• About this exercise
Supply the number of lines in the data below that hold "Some", and let that number be the whole answer.

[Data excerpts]
------

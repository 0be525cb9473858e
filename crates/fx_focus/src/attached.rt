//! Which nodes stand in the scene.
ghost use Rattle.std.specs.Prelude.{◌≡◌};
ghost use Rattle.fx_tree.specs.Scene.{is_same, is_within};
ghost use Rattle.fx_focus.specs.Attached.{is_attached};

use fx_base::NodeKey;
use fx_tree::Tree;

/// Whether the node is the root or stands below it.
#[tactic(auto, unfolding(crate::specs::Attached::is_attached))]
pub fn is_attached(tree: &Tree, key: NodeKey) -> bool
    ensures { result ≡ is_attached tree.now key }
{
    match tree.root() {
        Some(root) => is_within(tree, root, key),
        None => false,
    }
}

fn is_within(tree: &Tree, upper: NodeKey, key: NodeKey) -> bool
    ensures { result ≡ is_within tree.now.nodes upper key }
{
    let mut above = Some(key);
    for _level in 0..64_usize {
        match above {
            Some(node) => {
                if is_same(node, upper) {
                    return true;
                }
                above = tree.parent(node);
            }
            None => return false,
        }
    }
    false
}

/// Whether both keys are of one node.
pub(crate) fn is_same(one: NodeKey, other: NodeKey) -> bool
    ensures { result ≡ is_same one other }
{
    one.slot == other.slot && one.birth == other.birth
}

------

• Exercise solution
3